MOST Form (Medical Orders for Scope of Treatment) – A physician’s ORDER filled out with the patient, detailing DNR, CPR, DNI status etc. for complex and advanced illnesses, the frail elderly or the terminally ill.
Palliative Care – A comprehensive approach to treating serious illness that focuses on the physical, psychological and spiritual, and existential needs of the patient. Its goal is to achieve the best quality of life available to the patient by relieving suffering and controlling pain and symptoms.
Power of Attorney – A legal document allowing one person to act in a legal matter on another’s behalf regarding to financial or real estate transactions.
Respiratory Arrest – The cessation of breathing – an event in which an individual stops breathing. If breathing is not restored, an individual’s heart eventually will stop beating, resulting in cardiac arrest.
Slow Medicine – Slow medicine urges our health care providers to “slow down” when considering care that may present more harm than good for the elderly. It educates patients and families how to push back against emergency room trips and hospitalizations designed for those with treatable illnesses. The inevitable erosion of advanced age is not cause for presuming immortality and inflicting futile care on our most vulnerable.
Surrogate Decision-making – Surrogate decision-making laws allow an individual or group of individuals (usually family members) to make decisions about medical treatments for a patient who has lost decision-making capacity and did not prepare an advance directive. A majority of states have passed statutes that permit surrogate decision making for people without advance directives.

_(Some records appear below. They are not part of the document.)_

// What a drainer sends its subjects.
//
// What comes for a subject without a port is dropped: a drainer of a right box meets none.
ghost use Rattle.std.specs.Prelude.{◌≡◌, [], ◌∷◌, List, None, map, replicate};
ghost use Rattle.rx_pump.specs.Opened.{all_opened, calls_in};
ghost use Rattle.rx_sink.specs.KeptSinks.{events_asked};
ghost use Rattle.rx_note.specs.declared.event.Event.{Event};
ghost use Rattle.rx_note.specs.declared.event.Event.TheVariants.{Dispose, Request};
ghost use Rattle.rx_drain.specs.Calls.{SendsEvents, call, partings_of};

use crate::DrainFault;
use rx_heap::Heap;
use rx_mailbox::Port;
use rx_note::Event;
use rx_pump::Call;
use rx_sink::{Asks, Kept, Sink};
use std::sync::Wait;

// As many items are asked for by one letter at the most.
const MOST_ITEMS: u64 = u32::MAX as u64;

// Asks the subject for what it is to be asked, all items by one letter. That may be held back, need not wake the subject, and waits
// for no room as long as there is memory: the subject may wait for room in the drainer's box. It answers the fault, if there is one.
#[inline(always)] // once for each note, behind which mostly nothing is asked
pub(crate) fn send_asks<S: Drop, R: Wait>(
    rt: &R,
    subjects: &mut Vec<Port<Call<S>>, Heap>,
    subject: u32,
    asks: Asks,
) -> Option<DrainFault>
    ensures { SendsEvents result (map (λ event. (subject, event)) (events_asked asks)) (all_opened subjects.old.items) (all_opened subjects.new.items) }
{
    if asks.items == 0 && !asks.leaves {
        return None;
    }
    send_some(rt, subjects, subject, asks)
}

// The same where something is asked.
#[inline(never)] // behind one note in eight
fn send_some<S: Drop, R: Wait>(
    rt: &R,
    subjects: &mut Vec<Port<Call<S>>, Heap>,
    subject: u32,
    asks: Asks,
) -> Option<DrainFault>
    ensures { SendsEvents result (map (λ event. (subject, event)) (events_asked asks)) (all_opened subjects.old.items) (all_opened subjects.new.items) }
{
    let who = asks.who;
    let together = asks.items.min(MOST_ITEMS) as u32;
    let fault = send_requests(rt, subjects, subject, who, together);
    if fault.is_some() {
        return fault;
    }
    let fault = send_singly(rt, subjects, subject, who, asks.items - u64::from(together));
    if fault.is_some() {
        return fault;
    }
    if asks.leaves {
        return send_disposal(rt, subjects, subject, who);
    }
    None
}

// Asks the subject for what is beyond one letter, item by item, as `send_asks` does: hardly ever is there any.
fn send_singly<S: Drop, R: Wait>(
    rt: &R,
    subjects: &mut Vec<Port<Call<S>>, Heap>,
    subject: u32,
    who: u32,
    n: u64,
) -> Option<DrainFault>
    ensures { SendsEvents result (map (λ event. (subject, event)) (replicate n (Request who 1))) (all_opened subjects.old.items) (all_opened subjects.new.items) }
{
    for _ in 0..n {
        let fault = send_requests(rt, subjects, subject, who, 1);
        if fault.is_some() {
            return fault;
        }
    }
    None
}

// Asks the subject for so many items more for an observer, by one letter, as `send_asks` does.
fn send_requests<S: Drop, R: Wait>(
    rt: &R,
    subjects: &mut Vec<Port<Call<S>>, Heap>,
    subject: u32,
    who: u32,
    n: u32,
) -> Option<DrainFault>
    ensures { SendsEvents result (map (λ event. (subject, event)) (replicate n (Request who 1))) (all_opened subjects.old.items) (all_opened subjects.new.items) }
{
    if n == 0 {
        return None;
    }
    send(rt, subjects, subject, Event::Request { who, n })
}

// Asks for what is due of each sink, and has its observer disposed of, in their order, as `send_asks` does. It answers the fault, if
// there is one.
pub(crate) fn part_all<S: Sink, R: Wait>(
    rt: &R,
    subjects: &mut Vec<Port<Call<S>>, Heap>,
    kept: &[Kept<S>],
) -> Option<DrainFault>
    ensures { SendsEvents result (partings_of kept.now) (all_opened subjects.old.items) (all_opened subjects.new.items) }
{
    for one in kept {
        let asks = Asks {
            who: one.who,
            items: u64::from(one.due),
            leaves: true,
        };
        let fault = send_asks(rt, subjects, one.subject, asks);
        if fault.is_some() {
            return fault;
        }
    }
    None
}

// Asks the subject to let an observer go, as `send_asks` does.
fn send_disposal<S: Drop, R: Wait>(
    rt: &R,
    subjects: &mut Vec<Port<Call<S>>, Heap>,
    subject: u32,
    who: u32,
) -> Option<DrainFault>
    ensures { SendsEvents result ((subject, Dispose who) ∷ []) (all_opened subjects.old.items) (all_opened subjects.new.items) }
{
    send(rt, subjects, subject, Event::Dispose { who })
}

// Sends an event to the subject at a place, if there is a port to it: it stands for one or several. It answers the fault, if there is
// one.
fn send<S: Drop, R: Wait>(
    rt: &R,
    subjects: &mut Vec<Port<Call<S>>, Heap>,
    subject: u32,
    event: Event,
) -> Option<DrainFault>
    ensures { (first : Event) (rest : List Event) → calls_in {S = S} 0 None event ≡ map call (first ∷ rest)
        → SendsEvents result (map (λ event. (subject, event)) (first ∷ rest)) (all_opened subjects.old.items) (all_opened subjects.new.items) }
{
    let place = subject as usize;
    if place >= subjects.len() {
        return None;
    }
    let call = Call {
        ticket: 0,
        event,
        sink: None,
    };
    let Ok(()) = subjects[place].hold(rt, call) else {
        return Some(DrainFault::SubjectGone(place));
    };
    None
}

// Whether requests are held back for which their box had no room.
pub(crate) fn holds_back<S: Drop>(subjects: &Vec<Port<Call<S>>, Heap>) -> bool {
    subjects.iter().any(|port| port.holds_back())
}

// Whether a subject sleeps that is to be asked for more.
pub(crate) fn would_wake<S: Drop>(subjects: &Vec<Port<Call<S>>, Heap>) -> bool {
    subjects.iter().any(|port| port.would_wake())
}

Ventilator – A ventilator, also known as a respirator, is a machine that pushes air into the lungs through a tube placed in the trachea (breathing tube). Ventilators are used when a person cannot breathe on his or her own or cannot breathe effectively enough to provide adequate oxygen to the cells of the body or rid the body of carbon dioxide.
Voluntary Stopping of Eating and Drinking (VSED) – Legal in all states, decision to stop all intake (including fluids) to allow natural death. For more information visit the website andChoices.org.
Withholding or Withdrawing Treatment – Forgoing life-sustaining measures or discontinuing them after they have been used for a certain period of time.
Source: National Hospice and Palliative Care Organization – NHPCO.org
In the past few decades, medical science has rendered obsolete centuries of experience, tradition, and language about our mortality and created a new difficulty for mankind: how to die.